What the exercise asks = Every line of the material below in which "from" shows up is to be located and copied.

Exercise material =
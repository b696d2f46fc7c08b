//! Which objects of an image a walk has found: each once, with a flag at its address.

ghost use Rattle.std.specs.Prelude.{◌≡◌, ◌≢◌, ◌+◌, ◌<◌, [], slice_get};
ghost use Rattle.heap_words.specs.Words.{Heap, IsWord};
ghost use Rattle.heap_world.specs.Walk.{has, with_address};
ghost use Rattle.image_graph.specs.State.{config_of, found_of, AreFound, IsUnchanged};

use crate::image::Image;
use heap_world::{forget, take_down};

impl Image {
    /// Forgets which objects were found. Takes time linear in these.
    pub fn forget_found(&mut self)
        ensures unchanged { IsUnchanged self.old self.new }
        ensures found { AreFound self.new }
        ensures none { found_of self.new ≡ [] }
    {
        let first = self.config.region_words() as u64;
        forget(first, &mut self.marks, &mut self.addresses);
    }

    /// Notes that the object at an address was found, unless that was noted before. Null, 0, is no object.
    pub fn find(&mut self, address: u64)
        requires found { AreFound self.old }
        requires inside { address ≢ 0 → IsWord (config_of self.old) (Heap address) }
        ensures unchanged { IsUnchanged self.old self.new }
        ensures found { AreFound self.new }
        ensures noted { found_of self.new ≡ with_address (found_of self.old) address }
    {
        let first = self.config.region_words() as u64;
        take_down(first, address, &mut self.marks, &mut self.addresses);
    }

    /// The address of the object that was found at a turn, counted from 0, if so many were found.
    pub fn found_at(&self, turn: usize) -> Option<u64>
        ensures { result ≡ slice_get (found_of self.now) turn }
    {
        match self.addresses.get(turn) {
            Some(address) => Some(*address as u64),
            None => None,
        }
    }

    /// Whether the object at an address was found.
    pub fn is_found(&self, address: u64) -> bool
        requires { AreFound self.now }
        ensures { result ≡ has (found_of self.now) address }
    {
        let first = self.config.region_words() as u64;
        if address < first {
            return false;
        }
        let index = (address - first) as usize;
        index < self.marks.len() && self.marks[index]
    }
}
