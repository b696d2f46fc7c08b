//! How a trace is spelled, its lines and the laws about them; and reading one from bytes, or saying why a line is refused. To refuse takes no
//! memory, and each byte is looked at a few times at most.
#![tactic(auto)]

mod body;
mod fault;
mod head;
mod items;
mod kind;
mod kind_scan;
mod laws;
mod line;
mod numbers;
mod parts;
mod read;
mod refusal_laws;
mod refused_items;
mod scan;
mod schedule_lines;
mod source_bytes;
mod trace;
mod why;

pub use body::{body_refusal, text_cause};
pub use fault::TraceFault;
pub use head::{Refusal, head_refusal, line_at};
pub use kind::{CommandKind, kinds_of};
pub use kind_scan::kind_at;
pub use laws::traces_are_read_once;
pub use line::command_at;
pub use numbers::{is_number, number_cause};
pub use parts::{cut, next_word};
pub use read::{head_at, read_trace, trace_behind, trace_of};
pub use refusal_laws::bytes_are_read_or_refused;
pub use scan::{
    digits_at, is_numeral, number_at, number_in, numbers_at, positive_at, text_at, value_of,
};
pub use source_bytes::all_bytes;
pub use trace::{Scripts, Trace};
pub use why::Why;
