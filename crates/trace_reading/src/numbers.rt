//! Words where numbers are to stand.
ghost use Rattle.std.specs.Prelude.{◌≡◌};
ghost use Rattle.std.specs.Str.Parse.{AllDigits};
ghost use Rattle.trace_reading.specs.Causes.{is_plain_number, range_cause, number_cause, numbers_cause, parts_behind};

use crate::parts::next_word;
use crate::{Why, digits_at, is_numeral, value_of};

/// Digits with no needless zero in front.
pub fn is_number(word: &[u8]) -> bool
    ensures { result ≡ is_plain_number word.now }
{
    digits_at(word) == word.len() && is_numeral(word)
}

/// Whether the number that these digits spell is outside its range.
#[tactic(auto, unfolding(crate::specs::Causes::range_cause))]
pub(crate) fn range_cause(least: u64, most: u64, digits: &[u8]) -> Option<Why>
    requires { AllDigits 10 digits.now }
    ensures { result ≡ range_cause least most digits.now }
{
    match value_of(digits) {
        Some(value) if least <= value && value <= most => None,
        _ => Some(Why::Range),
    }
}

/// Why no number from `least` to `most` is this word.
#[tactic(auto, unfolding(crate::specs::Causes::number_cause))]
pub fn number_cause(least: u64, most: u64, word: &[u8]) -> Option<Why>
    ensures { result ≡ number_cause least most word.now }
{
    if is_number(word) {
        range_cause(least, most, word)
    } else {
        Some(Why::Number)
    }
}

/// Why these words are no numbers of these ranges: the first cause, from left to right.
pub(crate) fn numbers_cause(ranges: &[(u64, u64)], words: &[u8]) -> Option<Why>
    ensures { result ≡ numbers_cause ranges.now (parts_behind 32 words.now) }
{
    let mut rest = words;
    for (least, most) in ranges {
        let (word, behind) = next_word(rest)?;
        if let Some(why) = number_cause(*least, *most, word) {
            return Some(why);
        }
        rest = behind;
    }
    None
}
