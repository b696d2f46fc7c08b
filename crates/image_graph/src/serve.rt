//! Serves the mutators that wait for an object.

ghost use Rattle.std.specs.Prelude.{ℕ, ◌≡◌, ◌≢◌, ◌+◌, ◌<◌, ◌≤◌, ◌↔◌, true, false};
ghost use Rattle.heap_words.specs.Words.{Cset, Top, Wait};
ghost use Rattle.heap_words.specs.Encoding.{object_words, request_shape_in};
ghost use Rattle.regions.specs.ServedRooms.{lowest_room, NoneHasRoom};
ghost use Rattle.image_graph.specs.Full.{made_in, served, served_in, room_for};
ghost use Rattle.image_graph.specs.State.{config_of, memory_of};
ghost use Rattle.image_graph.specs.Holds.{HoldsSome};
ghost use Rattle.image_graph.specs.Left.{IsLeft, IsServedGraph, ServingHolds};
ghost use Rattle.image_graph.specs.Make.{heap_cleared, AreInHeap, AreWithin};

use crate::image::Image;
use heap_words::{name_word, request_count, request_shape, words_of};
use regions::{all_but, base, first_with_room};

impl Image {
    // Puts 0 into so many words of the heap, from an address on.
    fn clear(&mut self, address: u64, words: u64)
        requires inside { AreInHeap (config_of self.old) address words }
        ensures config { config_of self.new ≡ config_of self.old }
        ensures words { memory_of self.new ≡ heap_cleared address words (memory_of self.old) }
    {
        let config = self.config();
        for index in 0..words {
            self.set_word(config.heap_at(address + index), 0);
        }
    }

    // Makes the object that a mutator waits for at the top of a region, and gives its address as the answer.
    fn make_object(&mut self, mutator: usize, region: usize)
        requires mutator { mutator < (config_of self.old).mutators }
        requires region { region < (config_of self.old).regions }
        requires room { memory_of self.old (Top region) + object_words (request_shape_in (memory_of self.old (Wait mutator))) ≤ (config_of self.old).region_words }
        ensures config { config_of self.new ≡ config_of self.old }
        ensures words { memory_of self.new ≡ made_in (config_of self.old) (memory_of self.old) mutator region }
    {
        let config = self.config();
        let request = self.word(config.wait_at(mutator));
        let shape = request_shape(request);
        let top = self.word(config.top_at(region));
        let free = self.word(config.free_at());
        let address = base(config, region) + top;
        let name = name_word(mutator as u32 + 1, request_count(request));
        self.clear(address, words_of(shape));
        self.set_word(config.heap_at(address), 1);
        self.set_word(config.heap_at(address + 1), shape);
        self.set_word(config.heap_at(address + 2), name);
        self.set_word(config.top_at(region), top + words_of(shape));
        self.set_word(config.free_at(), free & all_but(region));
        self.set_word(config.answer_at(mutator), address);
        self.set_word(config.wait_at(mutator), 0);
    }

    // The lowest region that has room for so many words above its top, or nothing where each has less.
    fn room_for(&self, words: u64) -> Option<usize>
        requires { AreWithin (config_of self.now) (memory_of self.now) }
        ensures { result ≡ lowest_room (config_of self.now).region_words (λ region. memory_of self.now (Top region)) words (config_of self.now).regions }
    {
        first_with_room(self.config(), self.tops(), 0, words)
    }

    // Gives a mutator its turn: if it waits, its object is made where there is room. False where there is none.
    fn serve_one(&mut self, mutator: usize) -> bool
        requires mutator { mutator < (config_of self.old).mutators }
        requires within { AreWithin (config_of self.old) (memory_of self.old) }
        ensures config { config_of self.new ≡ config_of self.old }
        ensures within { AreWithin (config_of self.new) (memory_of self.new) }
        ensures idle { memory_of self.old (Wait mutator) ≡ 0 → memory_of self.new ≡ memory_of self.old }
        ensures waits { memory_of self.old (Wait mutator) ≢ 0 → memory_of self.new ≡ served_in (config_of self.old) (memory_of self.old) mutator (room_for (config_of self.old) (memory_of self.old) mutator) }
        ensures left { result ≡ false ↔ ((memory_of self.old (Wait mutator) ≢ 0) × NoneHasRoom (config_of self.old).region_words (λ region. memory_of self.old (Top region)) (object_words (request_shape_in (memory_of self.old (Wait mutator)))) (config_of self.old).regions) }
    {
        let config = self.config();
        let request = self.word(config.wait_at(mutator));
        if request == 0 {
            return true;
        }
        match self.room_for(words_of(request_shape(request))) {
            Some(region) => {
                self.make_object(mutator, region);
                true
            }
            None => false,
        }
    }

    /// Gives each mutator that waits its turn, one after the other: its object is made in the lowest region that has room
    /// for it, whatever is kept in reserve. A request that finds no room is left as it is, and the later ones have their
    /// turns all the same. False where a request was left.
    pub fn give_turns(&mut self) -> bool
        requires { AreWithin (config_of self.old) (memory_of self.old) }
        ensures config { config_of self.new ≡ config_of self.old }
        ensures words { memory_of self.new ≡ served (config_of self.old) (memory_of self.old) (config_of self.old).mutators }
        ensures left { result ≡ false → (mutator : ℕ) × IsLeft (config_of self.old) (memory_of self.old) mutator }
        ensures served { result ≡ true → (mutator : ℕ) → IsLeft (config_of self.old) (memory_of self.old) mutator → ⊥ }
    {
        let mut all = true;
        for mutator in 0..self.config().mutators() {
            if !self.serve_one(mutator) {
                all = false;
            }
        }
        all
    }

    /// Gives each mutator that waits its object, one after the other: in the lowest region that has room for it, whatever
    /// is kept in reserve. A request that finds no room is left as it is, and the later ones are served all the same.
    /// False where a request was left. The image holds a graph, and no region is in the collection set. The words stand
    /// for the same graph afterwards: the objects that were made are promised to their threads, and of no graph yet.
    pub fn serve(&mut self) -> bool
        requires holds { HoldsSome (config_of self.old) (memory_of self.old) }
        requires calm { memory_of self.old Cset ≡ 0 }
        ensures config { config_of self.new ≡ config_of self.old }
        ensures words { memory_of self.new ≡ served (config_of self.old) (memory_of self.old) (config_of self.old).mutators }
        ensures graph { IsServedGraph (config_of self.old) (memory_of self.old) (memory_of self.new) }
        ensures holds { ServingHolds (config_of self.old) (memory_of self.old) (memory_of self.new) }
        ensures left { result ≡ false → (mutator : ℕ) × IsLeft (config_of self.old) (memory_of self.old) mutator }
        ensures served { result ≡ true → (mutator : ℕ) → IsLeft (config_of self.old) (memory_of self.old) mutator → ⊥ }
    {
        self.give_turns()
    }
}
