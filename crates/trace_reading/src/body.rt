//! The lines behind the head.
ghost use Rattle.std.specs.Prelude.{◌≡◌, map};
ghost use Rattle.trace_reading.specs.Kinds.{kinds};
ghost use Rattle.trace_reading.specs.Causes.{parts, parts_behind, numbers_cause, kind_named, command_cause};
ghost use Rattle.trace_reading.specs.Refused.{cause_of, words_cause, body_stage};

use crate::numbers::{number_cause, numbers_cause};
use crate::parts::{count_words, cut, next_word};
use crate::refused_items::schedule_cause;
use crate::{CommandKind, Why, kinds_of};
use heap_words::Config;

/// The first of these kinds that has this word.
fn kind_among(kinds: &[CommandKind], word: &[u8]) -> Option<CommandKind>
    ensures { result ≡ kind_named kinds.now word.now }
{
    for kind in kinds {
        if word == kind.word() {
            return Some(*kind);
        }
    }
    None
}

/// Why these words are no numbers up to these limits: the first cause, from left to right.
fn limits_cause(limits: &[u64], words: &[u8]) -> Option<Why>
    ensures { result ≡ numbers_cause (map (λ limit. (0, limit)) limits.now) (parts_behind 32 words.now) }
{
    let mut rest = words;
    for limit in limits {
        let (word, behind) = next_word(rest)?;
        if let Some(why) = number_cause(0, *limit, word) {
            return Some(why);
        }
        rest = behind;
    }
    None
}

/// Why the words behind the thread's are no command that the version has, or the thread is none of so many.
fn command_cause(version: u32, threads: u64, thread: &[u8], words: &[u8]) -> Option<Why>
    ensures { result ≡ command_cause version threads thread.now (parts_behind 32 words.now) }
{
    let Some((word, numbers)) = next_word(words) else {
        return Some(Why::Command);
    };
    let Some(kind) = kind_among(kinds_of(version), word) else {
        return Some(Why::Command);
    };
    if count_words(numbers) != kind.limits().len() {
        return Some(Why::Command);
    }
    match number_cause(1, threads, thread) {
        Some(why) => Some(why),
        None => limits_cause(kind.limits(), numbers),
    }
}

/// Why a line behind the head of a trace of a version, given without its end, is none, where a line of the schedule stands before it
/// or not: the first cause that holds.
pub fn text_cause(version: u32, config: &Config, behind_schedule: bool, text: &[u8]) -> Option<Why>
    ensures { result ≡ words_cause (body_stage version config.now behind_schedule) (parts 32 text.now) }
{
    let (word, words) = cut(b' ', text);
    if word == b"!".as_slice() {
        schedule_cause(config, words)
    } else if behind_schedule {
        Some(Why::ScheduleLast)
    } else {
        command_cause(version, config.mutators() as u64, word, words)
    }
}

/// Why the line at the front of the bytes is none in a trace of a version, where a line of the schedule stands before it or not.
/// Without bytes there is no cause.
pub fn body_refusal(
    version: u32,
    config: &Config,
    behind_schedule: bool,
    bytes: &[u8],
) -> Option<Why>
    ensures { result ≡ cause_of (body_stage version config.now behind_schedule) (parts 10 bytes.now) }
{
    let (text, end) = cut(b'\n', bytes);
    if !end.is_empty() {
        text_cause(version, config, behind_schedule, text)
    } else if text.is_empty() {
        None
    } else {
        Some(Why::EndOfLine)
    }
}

Exercise solution =
    /// The address of the object that was found at a turn, counted from 0, if so many were found.
//! How a trace is spelled, its lines and the laws about them; and reading one from bytes, or saying why a line is refused. To refuse takes no
/// Why no number from `least` to `most` is this word.
/// Why these words are no numbers of these ranges: the first cause, from left to right.
    // Puts 0 into so many words of the heap, from an address on.
/// Why these words are no numbers up to these limits: the first cause, from left to right.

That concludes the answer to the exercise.